Brooklyn Rider groepsfoto
Brooklyn Rider
/ Flagey, Studio 1

[sold out] Brooklyn Rider

the 4 elements  

combining elements

a conversation with Brooklyn Rider’s violist Nicholas Cords

 

Every program Brooklyn Rider presents seems to convey a bigger narrative or dramaturgy. Why is that important to you as a string quartet and how did the idea originate behind The Four Elements?

 

Nicholas Cords : “For us, the idea of assembling a collection of established masterpieces just somehow isn’t satisfying. We’re always looking to merge old and new in what we do, and to deliver a narrative or frame to an audience. The process through which we decide on a program is very much a conversation between every member of the quartet. The idea behind the four elements emerged both as a reference to planet Earth, and as a metaphor for the conversation which is the string quartet. Four unique elements, each with its own elemental force, together become capable of producing a wide variety of things in both the physical and the musical universe.”

 

How did you end up selecting four chamber music works from the past 100 years that symbolise earth, fire, water and air?

 

Cords : “Some pre-existing works symbolically embody these elements to us. For example, Shostakovich’s Eighth String Quartet was written in the post-World War II era when he was visiting Dresden, which was almost entirely firebombed. The piece became a dedication to victims of fascism and war because of the incredible impression it made on Shostakovich. To us, it has a natural connection to fire. The same can be said of Dutilleux’s Ainsi la nuit: it just feels like it’s full of air. By that, I don’t just mean the space between notes; to us it’s essentially a piece about the mind, about musical memory. The way musical elements recur throughout the piece remind us of thought patterns, the weaving together of experience, all immaterial, happening in the mind. Osvaldo Golijov’s Tenebrae is a beautiful reflection of two contrasting experiences he had. After visiting Israel at a time of great strife and conflict, he returned to New York and passed by the planetarium at the American Museum of Natural History. There, he saw these incredible images from space of planet Earth and a feeling of peace came over him. In this piece he combined both contrasting experiences: zooming in and experiencing conflict, zooming out and witnessing something beautiful.

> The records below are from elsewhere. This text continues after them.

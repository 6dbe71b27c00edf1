//! How much a mediator may hold, with the range of each limit.
ghost use Rattle.std.specs.Prelude.{◌↔◌, IsTrue};
ghost use Rattle.mediator_calls.specs.Limited.{AreAllowed};

use event_journal::{MOST_ENTRIES, MOST_OCTETS};
use subscriber_stream::{MOST_QUEUE, MOST_SHAPES};

/// How much a mediator may hold. Each limit is at least 1.
#[derive(Clone, Copy, Debug, PartialEq, Eq)]
pub struct Limits {
    /// The records that may wait for a subscription, at most 1,000,000.
    pub queue: u32,
    /// The distinct templates of a subscription's records, at most 65,280.
    pub shapes: u32,
    /// The audit entries that may wait, at most 10,000,000.
    pub audit: u32,
    /// The entries of the journal, at most 100,000,000.
    pub entries: u64,
    /// The octets that these entries take in a journal's file, at most 2^40.
    pub octets: u64,
}

impl Limits {
    /// Whether each limit is in its range.
    pub fn are_allowed(&self) -> bool
        ensures { IsTrue result ↔ AreAllowed self.now }
    {
        1 <= self.queue
            && self.queue <= MOST_QUEUE
            && 1 <= self.shapes
            && self.shapes <= MOST_SHAPES
            && 1 <= self.audit
            && self.audit <= disclosure_audit::MOST_ENTRIES
            && 1 <= self.entries
            && self.entries <= MOST_ENTRIES
            && 1 <= self.octets
            && self.octets <= MOST_OCTETS
    }
}
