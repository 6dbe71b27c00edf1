//! The mediator with its calls; and its calls and their answers as values, of which a list of calls is made.
//!
//! - `mediator`: [`Mediator`], with its calls. `finished`: [`Finished`], the journal that stays of a run.
//! - `call`: [`Call`] and [`Reply`].
//! - `limits`: [`Limits`], with the ranges that a mediator allows.
//! - [`SessionId`] and [`SubId`], by which calls name sessions and subscriptions, are those of [`mediator_tables`].
//!
//! Refusals are [`mediator_state::Fault`].
//!
//! Proved of each call, by what contracts see of a mediator (its history, the places of its live subscriptions, how
//! many audit entries were drained, its limits): an accepted call answers what the history says and goes on with just
//! its entry, behind just the cuts that it makes (`ok`); a refused one changes nothing (`unchanged`), and its fault is the
//! first cause that stands (`err`). `journal` is the history (`entries`), and so is what `finish` leaves. Every
//! mediator keeps that what is disclosed can be streamed, that no place or drained count is past its end, that no
//! number of a session or a subscription comes again and that no more is held than its own limits allow (`sound`): its
//! type keeps that its state stands for its journal, and this. `Limits::are_allowed` is true exactly where each limit
//! stands in its range.
#![tactic(auto)]

mod call;
mod finished;
mod limits;
mod mediator;

pub use call::{Call, Reply};
pub use finished::Finished;
pub use limits::Limits;
pub use mediator::Mediator;
pub use mediator_state::{Fault, Receipt, Status};
pub use mediator_tables::{SessionId, SubId};
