impl Mediator {
    /// A mediator before any call, which may hold what `limits` allow: no session is open, nobody is subscribed, and
    /// the policy has no rules, so it withholds all. All of it is in memory from `alloc`.
    ///
    /// # Errors
    /// [`Fault::BadLimits`] where a limit is out of its range; or [`Fault::OutOfMemory`].
    pub fn new(alloc: Global, limits: Limits) -> Result<Mediator, Fault>
        ensures ok { IfOk result (λ m. m ≡ started limits) }
        ensures allowed { OnOk result (AreAllowed limits) }
        ensures err { IfErr result (λ e. RefusesLimits e limits) }
    {
        if !limits.are_allowed() {
            return Err(Fault::BadLimits);
        }
        let streams = StreamLimits {
            queue: limits.queue,
            shapes: limits.shapes,
        };
        let journal = Journal::new(alloc, limits.entries, limits.octets);
        let audit = Audit::new(KeptQueue::new(alloc), limits.audit);
        let state = State::new(alloc, streams, audit, journal)?;
        Ok(Mediator { state })
    }

    /// Hashes by `keys` what exporters choose: the keys of groups, and templates, of subscriptions that begin from now
    /// on. With secret keys no stranger can choose these so that look-ups take longer and longer. It shows in no
    /// answer.
    pub fn hash_by(&mut self, keys: HashKeys)
        ensures unchanged { self.new ≡ self.old }
    {
        self.state.hash_by(keys);
    }

    /// The journal: all that was accepted, oldest first.
    pub fn journal(&self) -> &Journal
        ensures entries { result.now.entries ≡ self.now.history }
        ensures limits { result.now.limits ≡ journal_limits self.now.limits }
        // What is kept of every mediator: callers learn it here.
        ensures sound { IsSoundMediation self.now }
    {
        self.state.chronicle()
    }

    /// Opens a session of an exporter, and answers its number: 1 for the first one, and so on.
    ///
    /// # Errors
    /// [`Fault::JournalFull`] or [`Fault::OutOfMemory`].
    pub fn open(&mut self) -> Result<SessionId, Fault>
        ensures ok { IfOk result (λ session. Opens self.old session.0 self.new) }
        ensures unchanged { OnErr result (self.new ≡ self.old) }
        ensures err { IfErr result (λ e. RefusesOpen e self.old) }
    {
        self.state.open()
    }

    /// Closes the session with the number `session`, which never comes again.
    ///
    /// # Errors
    /// [`Fault::UnknownSession`] where it isn't open, [`Fault::JournalFull`] or [`Fault::OutOfMemory`]: the first that
    /// stands.
    pub fn close(&mut self, session: SessionId) -> Result<(), Fault>
        ensures ok { OnOk result (Closes self.old session.0 self.new) }
        ensures unchanged { OnErr result (self.new ≡ self.old) }
        ensures err { IfErr result (λ e.
            RefusesClose e (journal_limits self.old.limits) self.old.history session.0) }
    {
        self.state.close(session)
    }

    /// Accepts `message` as the next one of the session with the number `session`. `number` is to be how many messages
    /// the session had. Each subscription that is served is given what the policy in force discloses to it, and the
    /// audit names what is kept back. A subscription whose limits leave no room for what it would be given is cut
    /// before the message, and is given nothing of it or of later ones. The answer is what became of the message.
    ///
    /// # Errors
    /// [`Fault::UnknownSession`], [`Fault::OutOfTurn`], [`Fault::Malformed`] (RFC 7011), [`Fault::JournalFull`] or
    /// [`Fault::AuditFull`]: the first that stands; or [`Fault::OutOfMemory`].
    pub fn receive(
        &mut self,
        session: SessionId,
        number: u64,
        message: Bytes,
    ) -> Result<Receipt, Fault>
        ensures ok { IfOk result (λ receipt.
            Receives self.old session.0 number message receipt self.new) }
        ensures unchanged { OnErr result (self.new ≡ self.old) }
        ensures err { IfErr result (λ e. RefusesReceive e self.old session.0 number message) }
    {
        self.receive_judged(session, number, message, None)
    }

    /// Accepts `message` as the next one of the session with the number `session`, which is to have had `number`
    /// messages, as [`receive`](Mediator::receive) does. `ahead`, what was judged of it without the mediator
    /// ([`JudgedAhead::of`]), is taken where it is of the records that the session finds in the message, and where the
    /// policy, the clock and those who are served are still the same. It changes no answer.
    ///
    /// # Errors
    /// Those of [`receive`](Mediator::receive).
    pub fn receive_judged(
        &mut self,
        session: SessionId,
        number: u64,
        message: Bytes,
        ahead: Option<JudgedAhead>,
    ) -> Result<Receipt, Fault>
        ensures ok { IfOk result (λ receipt.
            Receives self.old session.0 number message receipt self.new) }
        ensures unchanged { OnErr result (self.new ≡ self.old) }
        ensures err { IfErr result (λ e. RefusesReceive e self.old session.0 number message) }
    {
        self.state.receive_judged(session, number, message, ahead)
    }

    /// The templates of the open session with the number `session` as they stand, by which its messages can be prepared
    /// without the mediator ([`Prepared::prepare`]). However many templates there are, it costs one owner more.
    ///
    /// # Errors
    /// [`Fault::UnknownSession`] where the session isn't open; or [`Fault::OutOfMemory`].
    pub fn snapshot(&mut self, session: SessionId) -> Result<Snapshot, Fault>
        ensures ok { IfOk result (IsSnapshot self.old.history session.0) }
        ensures unchanged { self.new ≡ self.old }
        ensures err { IfErr result (λ e. RefusesSnapshot e self.old.history session.0) }
    {
        self.state.snapshot(session)
    }

    /// Accepts `prepared`, a message that was prepared without the mediator, as the next one of the session with the
    /// number `session`, as [`receive`](Mediator::receive) accepts its octets. `number` is to be how many messages the
    /// session had.
    ///
    /// # Errors
    /// Those of [`receive`](Mediator::receive), but with [`Fault::Stale`] in place of [`Fault::Malformed`]: only where
    /// an ID of the message has another template in the session than by which it was prepared, or only one of them has
    /// one. The message is handed back beside the fault.
    pub fn receive_prepared(
        &mut self,
        session: SessionId,
        number: u64,
        prepared: Prepared,
    ) -> Result<Receipt, (Fault, Prepared)>
        ensures ok { IfOk result (λ receipt.
            Receives self.old session.0 number prepared.message receipt self.new) }
        ensures unchanged { OnErr result (self.new ≡ self.old) }
        ensures err { IfErr result (λ e.
            RefusesReceivePrepared e.0 self.old session.0 number prepared) }
        ensures handed_back { IfErr result (λ e. e.1 ≡ prepared) }
    {
        self.state.receive_prepared(session, number, prepared)
    }

    /// Puts the policy that `text` spells in force, and answers its revision: the number of edits, with it. What was
    /// accepted before is judged by the policy of its time, and running groups close as they stand.
    ///
    /// # Errors
    /// [`Fault::Policy`] where the text is no policy, [`Fault::JournalFull`] or [`Fault::OutOfMemory`].
    pub fn edit(&mut self, text: &str) -> Result<u64, Fault>
        ensures ok { IfOk result (λ revision. Edits self.old text.now revision self.new) }
        ensures unchanged { OnErr result (self.new ≡ self.old) }
        ensures err { IfErr result (λ e.
            RefusesEdit e (journal_limits self.old.limits) self.old.history text.now) }
    {
        self.state.edit(text)
    }

    /// Begins a subscription for a subscriber of this `name`, and answers its number: 1 for the first one, and so on.
    ///
    /// # Errors
    /// [`Fault::BadName`] where the text is no name, [`Fault::AlreadySubscribed`] where a live subscription has it,
    /// [`Fault::JournalFull`] or [`Fault::OutOfMemory`].
    pub fn subscribe(&mut self, name: &str) -> Result<SubId, Fault>
        ensures ok { IfOk result (λ sub. Subscribes self.old name.now sub.0 self.new) }
        ensures unchanged { OnErr result (self.new ≡ self.old) }
        ensures err { IfErr result (λ e.
            RefusesSubscribe e (journal_limits self.old.limits) self.old.history name.now) }
    {
        self.state.subscribe(name)
    }

    /// Ends the subscription with the number `sub`, which never comes again: what waits for it is gone, and its name is
    /// free again.
    ///
    /// # Errors
    /// [`Fault::UnknownSub`] where it isn't live, [`Fault::JournalFull`] or [`Fault::OutOfMemory`].
    pub fn unsubscribe(&mut self, sub: SubId) -> Result<(), Fault>
        ensures ok { OnOk result (Unsubscribes self.old sub.0 self.new) }
        ensures unchanged { OnErr result (self.new ≡ self.old) }
        ensures err { IfErr result (λ e.
            RefusesUnsubscribe e (journal_limits self.old.limits) self.old.history sub.0) }
    {
        self.state.unsubscribe(sub)
    }

    /// Advances the clock to `t`, in milliseconds since 1970. Each running group is closed whose interval's end, and
    /// the grace after it, the clock comes to, and its subscription is given the group's record. A subscription whose
    /// limits leave no room for what it would be given is cut before the advance.
    ///
    /// # Errors
    /// [`Fault::ClockBack`] where the clock stands later, [`Fault::JournalFull`] or [`Fault::AuditFull`]: the first
    /// that stands; or [`Fault::OutOfMemory`].
    pub fn advance(&mut self, t: u64) -> Result<(), Fault>
        ensures ok { OnOk result (Advances self.old t self.new) }
        ensures unchanged { OnErr result (self.new ≡ self.old) }
        ensures err { IfErr result (λ e. RefusesAdvance e self.old t) }
    {
        self.state.advance(t)
    }

    /// Builds the next message of the live subscription with the number `sub`, out of what waits for it; or answers
    /// `None` where nothing waits. `now` is its Export Time, in seconds since 1970 (RFC 7011, section 3.1), and
    /// `target` the most octets that it is to have: it is longer only where one announcement or record alone is.
    ///
    /// # Errors
    /// [`Fault::UnknownSub`] where the subscription isn't live; or [`Fault::OutOfMemory`].
    pub fn pull(&mut self, sub: SubId, now: u32, target: u16) -> Result<Option<Bytes>, Fault>
        ensures ok { IfOk result (λ answer. Pulls self.old sub.0 now target answer self.new) }
        ensures unchanged { OnErr result (self.new ≡ self.old) }
        ensures err { IfErr result (λ e. RefusesPull e self.old.history sub.0) }
    {
        self.state.pull(sub, now, target)
    }

    /// Builds the next message of the live subscription with the number `sub` as [`pull`](Mediator::pull) does with
    /// `now` and `target`, in pieces: the octets of its records are shared with what else has them, unless its runs are
    /// many and short.
    ///
    /// # Errors
    /// [`Fault::UnknownSub`] where the subscription isn't live; or [`Fault::OutOfMemory`].
    pub fn pull_pieces(
        &mut self,
        sub: SubId,
        now: u32,
        target: u16,
    ) -> Result<Option<MessagePieces>, Fault>
        ensures ok { IfOk result (λ answer. Pulls self.old sub.0 now target answer self.new) }
        ensures unchanged { OnErr result (self.new ≡ self.old) }
        ensures err { IfErr result (λ e. RefusesPull e self.old.history sub.0) }
    {
        self.state.pull_pieces(sub, now, target)
    }

    /// How the live subscription with the number `sub` stands. It takes no memory.
    ///
    /// # Errors
    /// [`Fault::UnknownSub`] where no subscription with this number is live.
    pub fn status(&self, sub: SubId) -> Result<Status, Fault>
        ensures ok { IfOk result (λ status. IsStatusOf self.now sub.0 status) }
        ensures err { OnErr result (is_live sub.0 self.now.history ≡ false) }
        ensures fault { IfErr result (λ e. e ≡ UnknownSub) }
    {
        match self.state.status(sub) {
            Some(status) => Ok(status),
            None => Err(Fault::UnknownSub),
        }
    }

    /// Whether one of `shares`, which a message would give, has no room in its subscription's queue until some of what
    /// waits is pulled, and has room then: so the message cuts a subscription now, and may not cut it later.
    pub fn is_held_up(&self, shares: &[Share]) -> bool {
        self.state.is_held_up(shares)
    }

    /// Whether what an advance of the clock to `t`, in milliseconds since 1970, would close for a subscription has no
    /// room in its queue until some of what waits is pulled, and has room then. It is false where there is no memory to
    /// find that out.
    pub fn is_advance_held_up(&self, t: u64) -> bool {
        self.state.is_advance_held_up(t)
    }

    /// How many groups of aggregates the clock hasn't closed, of all subscriptions together.
    ///
    /// # Errors
    /// Want of memory.
    pub fn open_groups(&self) -> Result<u64, AllocError> {
        self.state.open_groups()
    }

    /// How many entries of the audit wait to be handed out.
    pub fn audit_waiting(&self) -> u32 {
        self.state.audit_waiting()
    }

    /// Hands out the oldest `most` of the audit's entries that wait, or all where there are fewer, in their order.
    ///
    /// # Errors
    /// Want of memory. Where no entry is handed out, there is no error.
    pub fn drain_audit(&mut self, most: u32) -> Result<Vec<AuditEntry>, AllocError>
        ensures ok { IfOk result (λ out. Drains self.old most out.items self.new) }
        ensures unchanged { OnErr result (self.new ≡ self.old) }
        // Nothing to hand out takes no memory.
        ensures none { take most (noted_at self.old) ≡ [] → IsOk result }
    {
        self.state.drain_audit(most)
    }

    /// Ends the run. What stays of it is its journal. It takes no memory.
    pub fn finish(self) -> Finished
        ensures entries { result.journal.entries ≡ self.history }
        ensures limits { result.journal.limits ≡ journal_limits self.limits }
        // What is kept of every mediator holds of the history that is left.
        ensures sound { IsSoundMediation self }
    {
        let Mediator { state } = self;
        Finished {
            journal: state.into_chronicle(),
        }
    }
}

Of course, what you mainly see from outer space when looking at planet Earth is water, which the music tells by the rippling of sound, of waves. To end with the element of earth: Ruth Crawford Seeger was a great composer of modernist music, but she also collected American folk songs along the way. She’s a bit like our American Bartók. Interestingly, the folk songs she collected are about animals, which to us represent earth. Colin Jacobson from our quartet reimagined these songs into a new musical composition.”

 

You also commissioned several new compositions inspired by the four elements. Should we interpret their answer as a call to action, considering the unnerving state of our planet?

 

Cords : “We assigned an element to each composer, but the approach was deliberately left open. The only thing we asked was to somehow place the idea of the four elements in the present, perhaps by drawing attention to a contemporary issue, or simply by admiring their beautiful and destructive force. In this project, we really do not want to tell the audience what to think or do. We want the music to create a shared experience from which people can have their own takeaway.” 

 

During Klarafestival, you will be performing two of the four commissioned works: Hollow Flame by Akshaya Tucker and Aere senza stelle by Andreia Pinto Correia. How was it working with them and how did they turn fire and air into music?

 

Cords : “Akshaya Tucker is such an interesting composer. Just one of the many reasons we chose her was we wanted to feature composers under the age of 30. When we’re thinking about the future of our planet, I think we really have to give young people a voice. Hollow Flame conjures the destruction caused by recent wildfires in the state of California and all the way up and down the West Coast. In this piece, she imagines how the trees inhale carbon dioxide and release it into the atmosphere, which evokes a sense of uneasy breathing. Andreia Pinto Correia has written a piece about the dust storms that originate in the Sahara and whose frequency and severity are affected by climate change. The piece reimagines the string quartet as a sonic cloud, with swirling effects, but also a feeling of static. You could light a match with the tension that is in the air, like the moments before a storm. We premiered the piece at the Vail Dance Festival in Colorado and now Andreia is in the process of making a sizable revision to the piece. Akshaya equally delivered several drafts of the score and we got to work closely on the piece with her.” 

 

Is that something you look for in a composer, an artistic dialogue?

 

Cords : “Yes, I guess we do. One of the things we love as a string quartet is to be very close to the source of creativity. We want to have a conversation; we want to feel that a composer becomes a member of our string quartet family. We’re not interested in dictating the composer what to write, but in exploring ideas together. Compared to an orchestra, a string quartet is very portable and flexible. Actually, one of the reasons why we chose the name Brooklyn Rider is because it doesn’t have “string quartet” in the title. To us, the descriptor string quartet communicates a somewhat fixed idea, whereas we wanted a name that communicates openness and generates conversation.”